▸ **Exercise brief**: Using the records provided below, locate and copy each line that contains the word "place".

▸ **Information supplied**:
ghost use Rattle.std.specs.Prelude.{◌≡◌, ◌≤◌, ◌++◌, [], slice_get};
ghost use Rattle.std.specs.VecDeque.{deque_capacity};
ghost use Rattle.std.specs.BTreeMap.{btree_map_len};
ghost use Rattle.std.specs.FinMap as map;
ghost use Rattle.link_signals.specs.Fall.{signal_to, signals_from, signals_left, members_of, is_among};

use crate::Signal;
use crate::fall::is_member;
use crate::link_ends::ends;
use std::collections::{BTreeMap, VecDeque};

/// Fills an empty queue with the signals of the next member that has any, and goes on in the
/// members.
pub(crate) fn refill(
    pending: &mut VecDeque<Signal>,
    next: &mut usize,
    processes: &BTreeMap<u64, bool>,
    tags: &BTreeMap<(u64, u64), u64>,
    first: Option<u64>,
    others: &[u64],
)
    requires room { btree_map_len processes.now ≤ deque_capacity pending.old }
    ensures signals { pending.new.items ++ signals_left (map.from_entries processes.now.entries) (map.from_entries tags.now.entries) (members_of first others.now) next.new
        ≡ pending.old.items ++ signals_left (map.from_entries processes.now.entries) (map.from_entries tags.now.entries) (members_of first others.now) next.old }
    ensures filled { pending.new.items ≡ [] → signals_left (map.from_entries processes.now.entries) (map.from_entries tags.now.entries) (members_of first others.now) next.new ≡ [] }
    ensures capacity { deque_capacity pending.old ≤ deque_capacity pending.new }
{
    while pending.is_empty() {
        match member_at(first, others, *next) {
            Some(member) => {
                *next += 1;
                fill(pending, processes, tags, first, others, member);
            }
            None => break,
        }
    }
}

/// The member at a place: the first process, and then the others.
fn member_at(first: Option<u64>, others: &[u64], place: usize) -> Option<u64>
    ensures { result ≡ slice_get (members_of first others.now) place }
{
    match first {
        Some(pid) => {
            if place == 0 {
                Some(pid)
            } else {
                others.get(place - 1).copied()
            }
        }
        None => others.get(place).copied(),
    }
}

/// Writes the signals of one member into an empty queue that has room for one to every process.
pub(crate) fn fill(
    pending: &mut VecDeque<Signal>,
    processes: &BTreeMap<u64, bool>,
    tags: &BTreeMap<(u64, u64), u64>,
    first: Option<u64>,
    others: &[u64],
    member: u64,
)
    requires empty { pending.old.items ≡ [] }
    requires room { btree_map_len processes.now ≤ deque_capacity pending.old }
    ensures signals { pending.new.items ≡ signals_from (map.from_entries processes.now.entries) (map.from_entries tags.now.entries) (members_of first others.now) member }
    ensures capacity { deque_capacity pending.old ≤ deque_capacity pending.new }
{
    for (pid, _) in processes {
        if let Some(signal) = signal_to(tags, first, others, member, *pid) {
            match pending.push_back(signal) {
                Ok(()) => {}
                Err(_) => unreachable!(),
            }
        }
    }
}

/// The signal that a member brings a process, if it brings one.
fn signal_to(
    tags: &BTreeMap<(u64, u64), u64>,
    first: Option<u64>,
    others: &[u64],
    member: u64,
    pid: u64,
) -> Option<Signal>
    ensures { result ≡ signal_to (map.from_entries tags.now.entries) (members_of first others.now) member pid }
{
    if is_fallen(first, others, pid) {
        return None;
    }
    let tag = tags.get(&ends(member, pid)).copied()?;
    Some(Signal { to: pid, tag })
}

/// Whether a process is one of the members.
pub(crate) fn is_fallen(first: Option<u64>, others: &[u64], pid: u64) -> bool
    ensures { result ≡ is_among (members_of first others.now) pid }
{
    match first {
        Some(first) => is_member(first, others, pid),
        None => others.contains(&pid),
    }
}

--

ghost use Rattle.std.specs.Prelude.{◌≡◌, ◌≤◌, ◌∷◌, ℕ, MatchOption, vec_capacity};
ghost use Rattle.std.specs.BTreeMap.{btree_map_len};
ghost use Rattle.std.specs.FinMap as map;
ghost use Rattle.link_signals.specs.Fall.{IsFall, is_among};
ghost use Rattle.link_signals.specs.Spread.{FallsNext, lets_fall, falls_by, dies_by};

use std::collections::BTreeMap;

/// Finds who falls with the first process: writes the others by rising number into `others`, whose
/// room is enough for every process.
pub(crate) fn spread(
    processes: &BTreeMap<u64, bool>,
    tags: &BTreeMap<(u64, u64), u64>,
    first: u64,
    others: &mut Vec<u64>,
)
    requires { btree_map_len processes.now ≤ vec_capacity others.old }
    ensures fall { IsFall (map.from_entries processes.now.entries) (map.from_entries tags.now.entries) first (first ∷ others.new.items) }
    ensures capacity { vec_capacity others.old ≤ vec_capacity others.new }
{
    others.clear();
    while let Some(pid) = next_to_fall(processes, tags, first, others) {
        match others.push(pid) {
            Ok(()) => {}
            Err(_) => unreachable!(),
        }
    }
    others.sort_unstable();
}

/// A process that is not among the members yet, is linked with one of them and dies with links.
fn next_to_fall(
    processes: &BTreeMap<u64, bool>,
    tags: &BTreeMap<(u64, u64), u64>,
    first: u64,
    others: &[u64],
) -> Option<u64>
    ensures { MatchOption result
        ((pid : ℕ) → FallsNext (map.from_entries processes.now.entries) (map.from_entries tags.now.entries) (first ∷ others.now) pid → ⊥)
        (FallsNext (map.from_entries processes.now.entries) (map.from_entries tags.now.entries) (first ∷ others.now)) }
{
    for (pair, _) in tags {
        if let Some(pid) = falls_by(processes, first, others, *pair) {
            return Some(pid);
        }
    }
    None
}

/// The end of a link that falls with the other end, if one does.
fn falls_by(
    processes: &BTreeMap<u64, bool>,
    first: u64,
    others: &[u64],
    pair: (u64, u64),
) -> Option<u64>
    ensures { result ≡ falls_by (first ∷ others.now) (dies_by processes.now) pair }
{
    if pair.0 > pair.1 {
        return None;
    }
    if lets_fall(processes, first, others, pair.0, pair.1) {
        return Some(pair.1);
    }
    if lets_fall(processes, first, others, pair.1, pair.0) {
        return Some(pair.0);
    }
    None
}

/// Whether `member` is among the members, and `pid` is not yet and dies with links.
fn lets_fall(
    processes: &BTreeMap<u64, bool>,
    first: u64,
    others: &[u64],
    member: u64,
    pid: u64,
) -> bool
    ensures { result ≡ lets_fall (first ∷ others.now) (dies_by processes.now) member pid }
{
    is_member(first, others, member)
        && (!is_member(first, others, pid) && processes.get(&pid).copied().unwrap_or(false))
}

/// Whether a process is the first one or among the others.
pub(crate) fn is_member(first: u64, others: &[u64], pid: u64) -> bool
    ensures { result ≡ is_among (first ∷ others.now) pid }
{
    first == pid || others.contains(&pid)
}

▸ **Result of this exercise**:
/// The member at a place: the first process, and then the others.
fn member_at(first: Option<u64>, others: &[u64], place: usize) -> Option<u64>
    ensures { result ≡ slice_get (members_of first others.now) place }
            if place == 0 {
                others.get(place - 1).copied()
        None => others.get(place).copied(),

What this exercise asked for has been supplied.